### [Exercise details]
Copy, exactly and without additions, every line in the records below from the one holding "for (name, parts)" through the one holding "Ok((text, true)) =>", both ends included.
+--
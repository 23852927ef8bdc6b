//! Shows what comes of query texts, behind each line of its input.
//!
//! A line is a word and what belongs to it:
//!
//! - `row NAME` begins the rows of a part;
//! - `query TEXT`: the text of the query that it is, or why it is none;
//! - `like NAME/PREFIX`: the text of a query that is made without one: `SELECT * FROM t` with the filter that the name is LIKE
//!   the prefix and a percent sign;
//! - `bind TEXT`: what binding the query to the tables of `tables.rt` gives: the names of the answer, the tables, their carried
//!   columns and the sum that is refused; or the check that refuses the query;
//! - `fold TEXT`: how many entries are kept where the rows of these tables are folded for the query, and the answer.
#![tactic(auto)]

mod arrivals;
mod bound;
mod folds;
mod queries;
mod tables;

ghost use Rattle.ch_bind.specs.Shapes.{AreShapes};

use crate::bound::bind_text;
use crate::folds::fold_text;
use crate::queries::{like_text, query_text};
use crate::tables::read_tables;
use ch_bind::{TableShape, shapes_of};
use ch_cells::{Listed, Memory};
use ch_tables::Table;
use std::alloc::Global;

/// What comes of a line that is answered by one line.
fn answer(
    alloc: Global,
    word: &str,
    said: &str,
    tables: &Listed<Table>,
    shapes: &Listed<TableShape>,
) -> anyhow::Result<String>
    requires { AreShapes shapes.now }
{
    match word {
        "query" => query_text(alloc, said.as_bytes()),
        "like" => like_text(alloc, said),
        "bind" => bind_text(alloc, said.as_bytes(), tables, shapes),
        _ => Ok(String::from_str(alloc, "no word of a row")?),
    }
}

fn main(rt: HostRuntime) -> anyhow::Result<()> {
    let alloc = rt.alloc();
    let tables = read_tables(alloc)?;
    if tables.len() > 64 {
        Err(Memory)?;
    }
    let shapes = shapes_of(alloc, tables.as_slice())?;
    for line in rt.lines(alloc) {
        let line = line?;
        let (word, said) = line.split_once(' ').unwrap_or((line.as_str(), ""));
        match word {
            "row" => println!(rt; "{line}")?,
            "fold" => {
                let answer = fold_text(alloc, said.as_bytes(), &tables, &shapes)?;
                print!(rt; "{line}\n{answer}")?;
            }
            _ => {
                let answer = answer(alloc, word, said, &tables, &shapes)?;
                println!(rt; "{line} => {answer}")?;
            }
        }
    }
    Ok(())
}
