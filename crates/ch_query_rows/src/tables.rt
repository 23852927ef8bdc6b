//! The tables that the queries are bound to and asked of.
ghost use Rattle.std.specs.Prelude.{◌<◌, ◌-◌, ◌^◌, length, IfOk};
ghost use Rattle.std.specs.List.{All};

use ch_cells::{Bytes, Listed};
use ch_tables::{Room, Table, TableError, read_table};
use std::alloc::Global;

/// Names of tables, and the texts of their parts.
const TABLES: &[(&[u8], &[&[u8]])] = &[
    (
        b"customers",
        &[b"customer,city\nAna,Madrid\nBo,Lund\nEva,Rome\n"],
    ),
    (
        b"sales",
        &[
            b"order_id,customer,country,cents,time\n1001,Ana,ES,2599,1719820800000000000\n1002,Bo,SE,1200,1719820860000000000\n",
            b"order_id,customer,country,cents,time\n1003,Ana,ES,800,1719907200000000000\n1004,Chi,JP,15000,1719907260000000000\n",
            b"order_id,customer,country,cents,time\n1005,Bo,SE,4300,1719993600000000000\n1006,\"Li, Wei\",CN,800,1719993660000000000\n",
        ],
    ),
    (b"t", &[b"k,v\na,6\na,-1\n"]),
    (b"u", &[b"k,y\n1,20\n1,21\n3,22\n"]),
    (b"empty", &[b"a,b\n"]),
    (
        b"sixteen",
        &[
            b"c1,c2,c3,c4,c5,c6,c7,c8,c9,c10,c11,c12,c13,c14,c15,c16\n1,2,3,4,5,6,7,8,9,10,11,12,13,14,15,16\n",
        ],
    ),
    (
        b"seventeen",
        &[
            b"c1,c2,c3,c4,c5,c6,c7,c8,c9,c10,c11,c12,c13,c14,c15,c16,c17\n1,2,3,4,5,6,7,8,9,10,11,12,13,14,15,16,17\n",
        ],
    ),
    (
        b"debts",
        &[b"k,v\na,6\n", b"k,v\n", b"k,v\nb,1\nb,-2\nb,-3\n"],
    ),
    (b"filtered", &[b"a\n3\n9\n5\n"]),
    (b"names", &[b"id,name\n1,\"a,b\"\n007,\n"]),
    (b"nothing", &[b"a\n"]),
    (b"repeated", &[b"a\n5\n5\n7\n5\n"]),
    (b"liked", &[b"a,b\n1,y\n1,x\n"]),
    (b"best", &[b"a,b\n4,1\n9,3\n9,2\n1,0\n9,1\n"]),
    (b"nines", &[b"a\n4\n9\n9\n9\n4\n5\n"]),
    (b"below", &[b"a\n-7\n-3\n-9\n-5\n"]),
    (b"odd", &[b"a\n7\n3\n9\n5\n"]),
    (b"grouped", &[b"k,v\na,3\na,2\nb,1\na,1\n"]),
    (b"summed", &[b"k,v\na,6\na,4\nb,1\n"]),
    (b"counted", &[b"k\na\na\nb\n"]),
    (b"greatest", &[b"k,v\na,2305843009213693951\n"]),
    (
        b"great",
        &[
            b"k,v\na,2305843009213693951\na,2305843009213693951\na,2305843009213693951\na,2305843009213693951\na,2305843009213693951\n",
        ],
    ),
    (b"lefts", &[b"k,x\n1,10\n1,11\n2,12\n"]),
    (b"rights", &[b"k,y\n1,20\n1,21\n3,22\n"]),
    (b"points", &[b"a,b\n5,1\n5,1\n4,2\n3,0\n"]),
    (b"outer_rows", &[b"k,x\n1,10\n2,11\n1,12\n"]),
];

const AMPLE: Room = Room {
    rows: 1_000,
    cells: 10_000,
};

/// The texts of a few short parts.
fn texts_of(alloc: Global, parts: &[&[u8]]) -> Result<Listed<Bytes>, TableError>
    ensures { IfOk result (λ texts. All (λ text. length text < 2 ^ 32 - 1) texts) }
{
    let mut texts = Listed::new(alloc);
    for part in parts {
        if part.len() > 1000 {
            return Err(TableError::Memory);
        }
        texts.push(Bytes::from_slice(alloc, part)?)?;
    }
    Ok(texts)
}

pub(crate) fn read_tables(alloc: Global) -> Result<Listed<Table>, TableError> {
    let mut tables = Listed::new(alloc);
    for (name, parts) in TABLES {
        let texts = texts_of(alloc, parts)?;
        if texts.len() == 0 || texts.len() > 1000 {
            return Err(TableError::Memory);
        }
        tables.push(read_table(alloc, name, &texts, AMPLE)?)?;
    }
    Ok(tables)
}
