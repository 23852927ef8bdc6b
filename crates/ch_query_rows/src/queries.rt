//! Query texts, and the queries that they are.
ghost use Rattle.std.specs.Prelude.{IfOk};
ghost use Rattle.ch_sql.specs.Parsed.{IsParsed};
ghost use Rattle.ch_sql_grammar.specs.Tree.{select_of};

use ch_cells::{Bytes, Listed, Memory};
use ch_sql::{
    ColumnRef, Item, Pred, Query, QueryError, Source, Tail, print, read_query,
    spelled_queries_are_parsed,
};
use std::alloc::Global;
use std::str;

pub(crate) fn query_of(alloc: Global, text: &[u8]) -> Result<Query, QueryError>
    ensures { IfOk result (λ q. IsParsed (select_of q)) }
{
    spelled_queries_are_parsed();
    read_query(alloc, text)
}

pub(crate) fn string_of(alloc: Global, text: &Bytes) -> anyhow::Result<String> {
    let text = format!(in alloc; "{}", str::from_utf8(text.as_slice())?)?;
    Ok(text)
}

/// The text of the query that a text is, and whether it is read again as that query.
fn printed(alloc: Global, text: &[u8]) -> anyhow::Result<(Bytes, bool)> {
    let query = read_query(alloc, text)?;
    let text = print(alloc, &query)?;
    let again = read_query(alloc, text.as_slice())?;
    let same = again == query;
    drop((again, query));
    Ok((text, same))
}

/// The text of the query that a text is, or why it is none.
pub(crate) fn query_text(alloc: Global, text: &[u8]) -> anyhow::Result<String> {
    match printed(alloc, text) {
        Ok((text, true)) => string_of(alloc, &text),
        Ok((_, false)) => Ok(String::from_str(alloc, "another query when it is read again")?),
        Err(error) => Ok(format!(in alloc; "{error}")?),
    }
}

fn column(alloc: Global, name: &[u8]) -> Result<ColumnRef, Memory> {
    let name = Bytes::from_slice(alloc, name)?;
    Ok(ColumnRef { table: None, name })
}

/// `name LIKE 'prefix%'`.
fn like(alloc: Global, name: &[u8], prefix: &[u8]) -> Result<Pred, Memory> {
    let prefix = Bytes::from_slice(alloc, prefix)?;
    Ok(Pred::Like(column(alloc, name)?, prefix))
}

/// The text of `SELECT * FROM t` with the filter.
fn filtered(alloc: Global, name: &[u8], prefix: &[u8]) -> Result<Bytes, Memory> {
    let mut items = Listed::new(alloc);
    items.push(Item::Star)?;
    let table = Bytes::from_slice(alloc, b"t")?;
    let filter = like(alloc, name, prefix)?;
    let query = Query {
        distinct: false,
        items,
        source: Source::One(table),
        filter: Some(filter),
        tail: Tail::Nothing,
    };
    print(alloc, &query)
}

/// The text with the filter of `NAME/PREFIX`.
pub(crate) fn like_text(alloc: Global, said: &str) -> anyhow::Result<String> {
    let (name, prefix) = said.split_once('/').unwrap_or((said, ""));
    let text = filtered(alloc, name.as_bytes(), prefix.as_bytes())?;
    string_of(alloc, &text)
}
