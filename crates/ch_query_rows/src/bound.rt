//! What binding a query to the tables gives.
ghost use Rattle.ch_bind.specs.Shapes.{AreShapes};

use crate::queries::query_of;
use ch_bind::{TableShape, bind, check_sums};
use ch_cells::Listed;
use ch_pred::Bound;
use ch_tables::Table;
use std::alloc::Global;
use std::str;

/// The names of the answer with commas between them, the numbers of the tables, and their carried columns.
fn shown(alloc: Global, bound: &Bound) -> anyhow::Result<String> {
    let mut text = String::new(alloc);
    text.push_str("ok")?;
    let mut before = ' ';
    for name in bound.header.as_slice() {
        text.push(before)?;
        text.push_str(str::from_utf8(name.as_slice())?)?;
        before = ',';
    }
    let tables = format!(in alloc; " of {:?}", bound.tables.as_slice())?;
    text.push_str(tables.as_str())?;
    for carried in bound.carried.as_slice() {
        let carried = format!(in alloc; " carried {:?}", carried.as_slice())?;
        text.push_str(carried.as_str())?;
    }
    Ok(text)
}

/// What binding gives, and what the sums of the bound query are refused for.
pub(crate) fn bind_text(
    alloc: Global,
    text: &[u8],
    tables: &Listed<Table>,
    shapes: &Listed<TableShape>,
) -> anyhow::Result<String>
    requires { AreShapes shapes.now }
{
    let query = query_of(alloc, text)?;
    match bind(alloc, &query, shapes) {
        Ok(bound) => {
            let text = shown(alloc, &bound)?;
            match check_sums(&bound, tables) {
                Ok(()) => Ok(text),
                Err(error) => Ok(format!(in alloc; "{text}, {error:?}")?),
            }
        }
        Err(error) => Ok(format!(in alloc; "{error:?}")?),
    }
}
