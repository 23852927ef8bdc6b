//! The rows of the tables folded for a query.
ghost use Rattle.ch_bind.specs.Shapes.{AreShapes};
ghost use Rattle.ch_fold_lines.specs.Rows.{RowFits};
ghost use Rattle.ch_lists.specs.Members.{Each};
ghost use Rattle.ch_pred.specs.Sound.{IsSound};

use crate::arrivals::{arrivals, dictionary};
use crate::queries::{query_of, string_of};
use ch_bind::{TableShape, bind};
use ch_cells::{Answer, Listed};
use ch_finish::{Received, finish, folded};
use ch_pred::Bound;
use ch_print::answer_text;
use ch_ranks::Ranks;
use ch_tables::Table;
use std::alloc::Global;

fn text_of(alloc: Global, answer: &Answer) -> anyhow::Result<String> {
    let text = answer_text(alloc, answer)?;
    string_of(alloc, &text)
}

/// The number of entries and the answer of a fold, which is asked for its rows and for its text, and the answer of the rows
/// at once.
fn shown(alloc: Global, query: &Bound, ranks: &Ranks, rows: &Received) -> anyhow::Result<String>
    requires sound { IsSound query.now }
    requires fits { Each (λ a. RowFits ranks.now query.now a.side a.words) rows.now }
{
    let fold = folded(alloc, query, rows, ranks)?;
    let first = text_of(alloc, &fold.answer(alloc, query, ranks)?)?;
    let again = string_of(alloc, &fold.text(alloc, query, ranks)?)?;
    let whole = text_of(alloc, &finish(alloc, query, rows, ranks)?)?;
    let size = fold.size();
    if first == again && again == whole {
        return Ok(format!(in alloc; "{size} kept\n{first}")?);
    }
    Ok(format!(in alloc; "answers differ:\n{first}{again}{whole}")?)
}

/// The number of entries and the answer of the folded rows, or the check that refuses the query.
pub(crate) fn fold_text(
    alloc: Global,
    text: &[u8],
    tables: &Listed<Table>,
    shapes: &Listed<TableShape>,
) -> anyhow::Result<String>
    requires { AreShapes shapes.now }
{
    let query = query_of(alloc, text)?;
    match bind(alloc, &query, shapes) {
        Ok(bound) => {
            let ranks = dictionary(alloc, tables.as_slice())?;
            let rows = arrivals(alloc, &bound, &ranks, tables.as_slice())?;
            shown(alloc, &bound, &ranks, &rows)
        }
        Err(error) => Ok(format!(in alloc; "{error:?}\n")?),
    }
}
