//! The rows of a query's tables as they arrive.
ghost use Rattle.std.specs.Prelude.{◌<◌, [], length, IfOk, slice_index_or};
ghost use Rattle.ch_lists.specs.Members.{Each};
ghost use Rattle.ch_fold_lines.specs.Rows.{RowFits};

use ch_cells::{CellRef, Listed, Memory};
use ch_finish::{Arrived, Received};
use ch_fold_lines::row_fits;
use ch_pred::Bound;
use ch_ranks::{Ranks, RanksBuilder};
use ch_tables::Table;
use std::alloc::Global;

/// The texts of all tables.
#[tactic(auto, using(crate::proofs::Added::one_more))]
pub(crate) fn dictionary(alloc: Global, tables: &[Table]) -> Result<Ranks, Memory> {
    let mut builder = RanksBuilder::new(alloc);
    let mut added: u32 = 0;
    for table in tables {
        for at in 0..table.texts() {
            if added >= 1_000_000 {
                return Err(Memory);
            }
            builder.add(table.text(at))?;
            added += 1;
        }
    }
    builder.finish()
}

fn word(ranks: &Ranks, cell: CellRef<'_>) -> i64 {
    match cell {
        CellRef::Number(n) => n,
        CellRef::Text(text) => match ranks.rank(text) {
            Some(rank) => i64::from(rank),
            None => -1,
        },
    }
}

/// The words of a row's carried cells.
fn row_words(
    alloc: Global,
    ranks: &Ranks,
    table: &Table,
    cols: &[u32],
    part: u32,
    row: u32,
) -> Result<Listed<i64>, Memory>
    requires part { part < length table.now.parts }
    requires row { row < length (slice_index_or table.now.parts part []) }
{
    let mut words = Listed::new(alloc);
    let width = table.header().len();
    for col in cols {
        if (*col as usize) < width {
            words.push(word(ranks, table.cell(part, row, *col)))?;
        }
    }
    Ok(words)
}

/// Adds a row, if it can be read.
fn take_row(
    query: &Bound,
    ranks: &Ranks,
    rows: &mut Received,
    arrived: Arrived,
) -> Result<(), Memory>
    requires { Each (λ a. RowFits ranks.now query.now a.side a.words) rows.old }
    ensures { Each (λ a. RowFits ranks.now query.now a.side a.words) rows.new }
{
    if !row_fits(query, ranks, arrived.side, arrived.words.as_slice()) {
        return Ok(());
    }
    rows.push(arrived)?;
    Ok(())
}

/// Adds the rows of a side's table.
fn add_rows(
    alloc: Global,
    query: &Bound,
    ranks: &Ranks,
    rows: &mut Received,
    side: u8,
    table: &Table,
    cols: &[u32],
) -> Result<(), Memory>
    requires { Each (λ a. RowFits ranks.now query.now a.side a.words) rows.old }
    ensures { Each (λ a. RowFits ranks.now query.now a.side a.words) rows.new }
{
    for part in 0..table.parts() {
        for row in 0..table.rows(part) {
            let words = row_words(alloc, ranks, table, cols, part, row)?;
            let arrived = Arrived {
                worker: 0,
                side,
                number: row,
                words,
            };
            take_row(query, ranks, rows, arrived)?;
        }
    }
    Ok(())
}

/// The rows of the query's tables, those of the second table first.
pub(crate) fn arrivals(
    alloc: Global,
    query: &Bound,
    ranks: &Ranks,
    tables: &[Table],
) -> Result<Received, Memory>
    ensures { IfOk result (λ rows. Each (λ a. RowFits ranks.now query.now a.side a.words) rows) }
{
    let mut rows = Listed::new(alloc);
    for side in [1u8, 0] {
        let table = match query.tables.as_slice().get(side as usize) {
            Some(number) => tables.get(*number as usize),
            None => None,
        };
        let cols = query.carried.as_slice().get(side as usize);
        if let (Some(table), Some(cols)) = (table, cols) {
            add_rows(alloc, query, ranks, &mut rows, side, table, cols.as_slice())?;
        }
    }
    Ok(rows)
}
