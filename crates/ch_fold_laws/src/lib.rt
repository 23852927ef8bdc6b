//! What is kept of rows that come one by one, in a step for each row, over lists.
#![tactic(auto)]

ghost use Rattle.std.specs.Prelude.{◌≡◌, ◌++◌, ◌∷◌, [], ℕ, ℤ, Bool, List, Some, map, position, slice_set, take, ◌+ℤ◌};
ghost use Rattle.std.specs.declared.cmp.Ordering.{Ordering};
ghost use Rattle.std.specs.Ordering.{int_cmp, is_eq};
ghost use Rattle.std.specs.Cmp.Lexicographic.{slice_cmp};
ghost use Rattle.ch_lists.specs.Members.{In, AreDifferent};
ghost use Rattle.ch_lists.specs.Ordered.{placed, ordered, once, IsExactOrder, SameBag};
ghost use Rattle.ch_pred.specs.Meaning.{best_of, total, values_of};
ghost use Rattle.ch_pred.specs.Values.{words};
ghost use Rattle.ch_fold_laws.specs.Kept.{with_key, better, value_of};
ghost use Rattle.ch_fold_laws.specs.Worked.{WorkedSteps};

/// The different elements, in whatever order: a new one goes to the end, and one that is there changes nothing.
pub fn keys_kept<T>()
    ensures { (cmp : T → T → Ordering) → IsExactOrder cmp → (keys xs : List T) (x : T) → SameBag keys (once cmp xs) → SameBag (with_key cmp keys x) (once cmp (xs ++ x ∷ [])) }
{}

/// The first so many of the order: it is enough to keep them, and to place each new element among them.
pub fn firsts_kept<T>()
    ensures { (cmp : T → T → Ordering) → IsExactOrder cmp → (limit : ℕ) (xs : List T) (x : T)
        → take limit (ordered cmp (xs ++ x ∷ [])) ≡ take limit (placed cmp x (take limit (ordered cmp xs))) }
{}

/// The best of some values, from the best before and the new one.
pub fn bests_kept()
    ensures first { (max : Bool) (v : ℤ) → best_of words max (v ∷ []) ≡ v }
    ensures more { (max : Bool) (vs : List ℤ) (v w : ℤ) → best_of words max ((v ∷ vs) ++ w ∷ []) ≡ better max (best_of words max (v ∷ vs)) w }
{}

/// The sum of some values, from the sum before and the new one.
pub fn sums_kept()
    ensures { (vs : List ℤ) (v : ℤ) → total (vs ++ v ∷ []) ≡ total vs +ℤ v }
{}

/// A row of a key that is there changes the value of this key alone, at its place; a row of a new key adds its value at the
/// end. The value of a key is any function of the values of its rows.
pub fn values_kept<V>()
    ensures there { (made : List ℤ → V) (groups : List (List ℤ × ℤ)) (keys : List (List ℤ)) (key : List ℤ) (value : ℤ) (at : ℕ) → AreDifferent keys
        → position (λ k. is_eq (slice_cmp int_cmp key k)) keys ≡ Some at
        → slice_set (map (value_of made groups) keys) at (made (values_of int_cmp groups key ++ value ∷ [])) ≡ map (value_of made (groups ++ (key, value) ∷ [])) keys }
    ensures new { (made : List ℤ → V) (groups : List (List ℤ × ℤ)) (keys : List (List ℤ)) (key : List ℤ) (value : ℤ) → (In key keys → ⊥)
        → map (value_of made groups) keys ++ made (values_of int_cmp groups key ++ value ∷ []) ∷ [] ≡ map (value_of made (groups ++ (key, value) ∷ [])) (keys ++ key ∷ []) }
{}

/// Steps with their outcomes, computed.
pub fn worked()
    ensures { WorkedSteps }
{}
+--
### [Output of the task]
    for (name, parts) in TABLES {
        let texts = texts_of(alloc, parts)?;
        if texts.len() == 0 || texts.len() > 1000 {
            return Err(TableError::Memory);
        }
        tables.push(read_table(alloc, name, &texts, AMPLE)?)?;
    }
    Ok(tables)
}
repository 23852927ef8bdc6b
filename crates/ch_query_rows/src/queries.rt
//! Query texts, and the queries that they are.
ghost use Rattle.std.specs.Prelude.{IfOk};
ghost use Rattle.ch_sql.specs.Parsed.{IsParsed};
ghost use Rattle.ch_sql_grammar.specs.Tree.{select_of};

use ch_cells::{Bytes, Listed, Memory};
use ch_sql::{
    ColumnRef, Item, Pred, Query, QueryError, Source, Tail, print, read_query,
    spelled_queries_are_parsed,
};
use std::alloc::Global;
use std::str;

pub(crate) fn query_of(alloc: Global, text: &[u8]) -> Result<Query, QueryError>
    ensures { IfOk result (λ q. IsParsed (select_of q)) }
{
    spelled_queries_are_parsed();
    read_query(alloc, text)
}

pub(crate) fn string_of(alloc: Global, text: &Bytes) -> anyhow::Result<String> {
    let text = format!(in alloc; "{}", str::from_utf8(text.as_slice())?)?;
    Ok(text)
}

/// The text of the query that a text is, and whether it is read again as that query.
fn printed(alloc: Global, text: &[u8]) -> anyhow::Result<(Bytes, bool)> {
    let query = read_query(alloc, text)?;
    let text = print(alloc, &query)?;
    let again = read_query(alloc, text.as_slice())?;
    let same = again == query;
    drop((again, query));
    Ok((text, same))
}

/// The text of the query that a text is, or why it is none.
pub(crate) fn query_text(alloc: Global, text: &[u8]) -> anyhow::Result<String> {
    match printed(alloc, text) {
        Ok((text, true)) => string_of(alloc, &text),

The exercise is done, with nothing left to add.